Data supplied Start Marker

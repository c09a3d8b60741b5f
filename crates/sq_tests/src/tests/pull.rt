// Pulls in one thread: claims, the requests for them, and queues of requests that are full.
ghost use Rattle.std.specs.Prelude.{◌≡◌, ◌<◌, length, IfOk};
ghost use Rattle.sq_shared.specs.Seats.{AreSeatsOf};

use super::fixtures::{ALL, ALL_OF_THREE, FOUR_KEYS, between};
use crossbeam_queue::ArrayQueue;
use sq_moves::{Leaf, Recon, SegId, Status};
use sq_plan::PartId;
use sq_shared::{Puller, Pump, PumpTurn, ReactivePull, Request, Shared, StatusTree, TreeSeat};
use std::alloc::{AllocError, Global};
use std::sync::Wait;
use std::test::Fail;

// The root keys 0 to 39 go from partition 0 to partition 1, in two segments.
const FORTY_KEYS: &str = r#"{"version":1,"partitions":2,"ranges":[[0,40,1],[40,4294967296,0]]}"#;

// The first of three partitions gives four root keys to the second, and then four to the third.
const IN_TWO_STAGES: &str =
    r#"{"version":2,"partitions":3,"ranges":[[0,4,1],[4,8,2],[8,4294967296,0]],"stages":"auto"}"#;

// What moves, what all that pull share, the reactive pulls of partition 1 with its seats, and pump 0.
#[derive(Drop)]
struct Setting {
    recon: Recon,
    trees: Vec<StatusTree>,
    requests: Vec<ArrayQueue<Request>>,
    puller: Puller,
    seats: Vec<TreeSeat>,
    pump: Pump,
    ghost some: { 0 < length recon.segments },
    ghost whole: { length trees.items ≡ length recon.segments },
    ghost seats_of: { AreSeatsOf trees.items seats.items },
    ghost pump_seats_of: { AreSeatsOf trees.items pump.seats },
}

#[derive(Clone, Copy, Debug)]
enum Call {
    // A reactive pull for this leaf of segment 0.
    Reactive(u64),
    // A turn of the pump.
    Turn,
    // Whether the pump is done.
    IsDone,
    // Sends the requests of the reactive pulls for which there was no room.
    Send,
    // Takes the next request to this partition.
    Take(usize),
}

#[derive(Clone, Copy, Debug, PartialEq, Eq)]
enum Answer {
    // The segment and the node.
    Won(u64, u64),
    Held(u64, Status),
    Nothing,
    Spent,
    Done,
    // So many requests are pending.
    Pending(usize),
    // The segment, the node and the pull.
    Asked(u64, u64, u32),
}

impl Setting {
    // What moves from one plan to another, with a fresh tree for each segment, queues for this many requests to each of two
    // partitions, nothing claimed, and a pump of a stage.
    fn opened(
        alloc: Global,
        old: &str,
        new: &str,
        stage: u64,
        capacity: usize,
    ) -> Result<Setting, Fail>
        requires { 0 < capacity }
    {
        let recon = between(alloc, old, new)?;
        if recon.segments().is_empty() {
            return Err("nothing moves")?;
        }
        let (trees, seats, others) = fresh_trees(alloc, recon.segments().len())?;
        let Ok(pump) = Pump::new(alloc, &recon, stage, 0, others) else {
            return Err("no memory for a pump")?;
        };
        Ok(Setting {
            recon,
            trees,
            requests: queues(alloc, capacity)?,
            puller: Puller::new(alloc, PartId::new(1)),
            seats,
            pump,
        })
    }

    // The outcome of a reactive pull for a leaf of segment 0.
    fn reactive<R: Wait>(&mut self, rt: &R, leaf: u64) -> Result<Answer, Fail> {
        let shared = Shared {
            recon: &self.recon,
            trees: &self.trees,
            requests: &self.requests,
        };
        let leaf = Leaf::new(leaf).ok_or("no leaf")?;
        let seg = SegId::new(0).ok_or("no segment")?;
        let pull = self
            .puller
            .reactive(rt, &shared, &mut self.seats, seg, leaf)?;
        Ok(match pull {
            ReactivePull::Won(node) => Answer::Won(0, node.number()),
            ReactivePull::Held(node, status) => Answer::Held(node.number(), status),
            ReactivePull::Spent => Answer::Spent,
        })
    }

    // The outcome of a turn of the pump.
    fn turn<R: Wait>(&mut self, rt: &R) -> Result<Answer, Fail> {
        let shared = Shared {
            recon: &self.recon,
            trees: &self.trees,
            requests: &self.requests,
        };
        Ok(match self.pump.turn(rt, &shared)? {
            PumpTurn::Won(seg, node) => Answer::Won(seg.number(), node.number()),
            PumpTurn::Nothing => Answer::Nothing,
            PumpTurn::Spent => Answer::Spent,
        })
    }

    // The next request to a partition, which is taken out of its queue.
    fn asked<R: Wait>(&self, rt: &R, part: usize) -> Answer {
        let Some(queue) = self.requests.get(part) else {
            return Answer::Nothing;
        };
        match queue.pop(rt) {
            Some(Request { seg, node, pull }) => Answer::Asked(seg, node, pull),
            None => Answer::Nothing,
        }
    }

    // What a call is answered.
    fn answer<R: Wait>(&mut self, rt: &R, call: Call) -> Result<Answer, Fail> {
        Ok(match call {
            Call::Reactive(leaf) => self.reactive(rt, leaf)?,
            Call::Turn => self.turn(rt)?,
            Call::IsDone if self.pump.is_done() => Answer::Done,
            Call::IsDone => Answer::Pending(self.pump.pending().len()),
            Call::Send => {
                self.puller.send_pending(rt, &self.requests);
                Answer::Pending(self.puller.pending().len())
            }
            Call::Take(part) => self.asked(rt, part),
        })
    }
}

// Trees with nothing claimed, and two seats of each.
fn fresh_trees(
    alloc: Global,
    count: usize,
) -> Result<(Vec<StatusTree>, Vec<TreeSeat>, Vec<TreeSeat>), AllocError>
    ensures trees { IfOk result (λ made. length made.0.items ≡ count) }
    ensures seats { IfOk result (λ made. AreSeatsOf made.0.items made.1.items
        × AreSeatsOf made.0.items made.2.items) }
    ensures count { IfOk result (λ made. length made.2.items ≡ count) }
{
    let mut trees = Vec::new(alloc);
    let mut seats = Vec::new(alloc);
    let mut others = Vec::new(alloc);
    for _place in 0..count {
        let (tree, mut first) = StatusTree::open(alloc)?;
        others.push(tree.share(&mut first))?;
        seats.push(first)?;
        trees.push(tree)?;
    }
    Ok((trees, seats, others))
}

// A queue to each of two partitions.
fn queues(alloc: Global, capacity: usize) -> Result<Vec<ArrayQueue<Request>>, AllocError>
    requires { 0 < capacity }
{
    let mut queues = Vec::new(alloc);
    for _ in 0..2 {
        queues.push(ArrayQueue::new(alloc, capacity)?)?;
    }
    Ok(queues)
}

// A list of calls with their answers.
type Story = &'static [(Call, Answer)];

// A leaf is claimed for a waiting transaction, and again; the pump takes what is left. Each claim is asked for once.
const IN_ONE_SEGMENT: Story = &[
    (Call::Reactive(1), Answer::Won(0, 33)),
    (Call::Reactive(1), Answer::Held(33, Status::Claimed(3))),
    (Call::Turn, Answer::Won(0, 32)),
    (Call::Reactive(2), Answer::Won(0, 34)),
    (Call::Turn, Answer::Won(0, 35)),
    (Call::Turn, Answer::Won(0, 9)),
    (Call::Turn, Answer::Won(0, 5)),
    (Call::Turn, Answer::Won(0, 3)),
    (Call::Reactive(31), Answer::Held(3, Status::Claimed(512))),
    (Call::Turn, Answer::Nothing),
    (Call::IsDone, Answer::Done),
    (Call::Take(0), Answer::Asked(0, 33, 3)),
    (Call::Take(0), Answer::Asked(0, 32, 0)),
    (Call::Take(0), Answer::Asked(0, 34, 131)),
    (Call::Take(0), Answer::Asked(0, 35, 128)),
    (Call::Take(0), Answer::Asked(0, 9, 256)),
    (Call::Take(0), Answer::Asked(0, 5, 384)),
    (Call::Take(0), Answer::Asked(0, 3, 512)),
    (Call::Take(0), Answer::Nothing),
    (Call::Take(1), Answer::Nothing),
];

// A pump goes round its segments.
const IN_TWO_SEGMENTS: Story = &[
    (Call::IsDone, Answer::Pending(0)),
    (Call::Turn, Answer::Won(0, 1)),
    (Call::Turn, Answer::Won(1, 1)),
    (Call::Turn, Answer::Nothing),
    (Call::Turn, Answer::Nothing),
    (Call::IsDone, Answer::Done),
    (Call::Take(0), Answer::Asked(0, 1, 0)),
    (Call::Take(0), Answer::Asked(1, 1, 128)),
    (Call::Take(0), Answer::Nothing),
];

// A pump claims in its stage alone, which has one of two segments.
const IN_THE_FIRST_STAGE: Story = &[
    (Call::Turn, Answer::Won(0, 1)),
    (Call::Turn, Answer::Nothing),
    (Call::IsDone, Answer::Done),
    (Call::Take(0), Answer::Asked(0, 1, 0)),
    (Call::Take(0), Answer::Nothing),
];

const IN_THE_SECOND_STAGE: Story = &[
    (Call::Turn, Answer::Won(1, 1)),
    (Call::Turn, Answer::Nothing),
    (Call::IsDone, Answer::Done),
    (Call::Take(0), Answer::Asked(1, 1, 0)),
    (Call::Take(0), Answer::Nothing),
];

// A pump whose request finds no room sends it at a later turn.
const FULL_FOR_THE_PUMP: Story = &[
    (Call::Turn, Answer::Won(0, 1)),
    (Call::Turn, Answer::Won(1, 1)),
    (Call::Turn, Answer::Nothing),
    (Call::Turn, Answer::Nothing),
    (Call::IsDone, Answer::Pending(1)),
    (Call::Take(0), Answer::Asked(0, 1, 0)),
    (Call::Take(0), Answer::Nothing),
    (Call::Turn, Answer::Nothing),
    (Call::IsDone, Answer::Done),
    (Call::Take(0), Answer::Asked(1, 1, 128)),
];

// The request of a reactive pull that finds no room is sent later.
const FULL_FOR_A_PARTITION: Story = &[
    (Call::Reactive(1), Answer::Won(0, 33)),
    (Call::Reactive(2), Answer::Won(0, 34)),
    (Call::Send, Answer::Pending(1)),
    (Call::Take(0), Answer::Asked(0, 33, 3)),
    (Call::Take(0), Answer::Nothing),
    (Call::Send, Answer::Pending(0)),
    (Call::Take(0), Answer::Asked(0, 34, 131)),
];

// Two plans, the stage of the pump, how many requests more than one a queue holds, and a list of calls.
const STORIES: [(&str, &str, u64, u8, Story); 6] = [
    (ALL, FOUR_KEYS, 0, 15, IN_ONE_SEGMENT),
    (ALL, FORTY_KEYS, 0, 15, IN_TWO_SEGMENTS),
    (ALL_OF_THREE, IN_TWO_STAGES, 0, 15, IN_THE_FIRST_STAGE),
    (ALL_OF_THREE, IN_TWO_STAGES, 1, 15, IN_THE_SECOND_STAGE),
    (ALL, FORTY_KEYS, 0, 0, FULL_FOR_THE_PUMP),
    (ALL, FOUR_KEYS, 0, 0, FULL_FOR_A_PARTITION),
];

// The first call that isn't answered as wanted, with its answer.
fn first_wrong<R: Wait>(
    rt: &R,
    setting: &mut Setting,
    story: Story,
) -> Result<Option<(Call, Answer)>, Fail> {
    for (call, wanted) in story {
        let answer = setting.answer(rt, *call)?;
        if answer != *wanted {
            return Ok(Some((*call, answer)));
        }
    }
    Ok(None)
}

// The same in a fresh setting.
fn first_wrong_between<R: Wait>(
    rt: &R,
    alloc: Global,
    plans: (&str, &str),
    stage: u64,
    capacity: usize,
    story: Story,
) -> Result<Option<(Call, Answer)>, Fail>
    requires { 0 < capacity }
{
    let mut setting = Setting::opened(alloc, plans.0, plans.1, stage, capacity)?;
    first_wrong(rt, &mut setting, story)
}

#[test]
fn stories(rt: HostRuntime) -> Result<(), Fail> {
    for (old, new, stage, more, story) in &STORIES {
        let capacity = usize::from(*more) + 1;
        let wrong = first_wrong_between(&rt, rt.alloc(), (old, new), *stage, capacity, story)?;
        assert!(rt;
            wrong.is_none(),
            "{wrong:?} in stage {stage} to {new} with {capacity}"
        );
    }
    Ok(())
}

Data supplied End Marker

Work required
Using the entries above, give again each line from the one containing "first_wrong(rt, &mut setting, story)" through the last line, exactly and only those.

Output below
    first_wrong(rt, &mut setting, story)
}

#[test]
fn stories(rt: HostRuntime) -> Result<(), Fail> {
    for (old, new, stage, more, story) in &STORIES {
        let capacity = usize::from(*more) + 1;
        let wrong = first_wrong_between(&rt, rt.alloc(), (old, new), *stage, capacity, story)?;
        assert!(rt;
            wrong.is_none(),
            "{wrong:?} in stage {stage} to {new} with {capacity}"
        );
    }
    Ok(())
}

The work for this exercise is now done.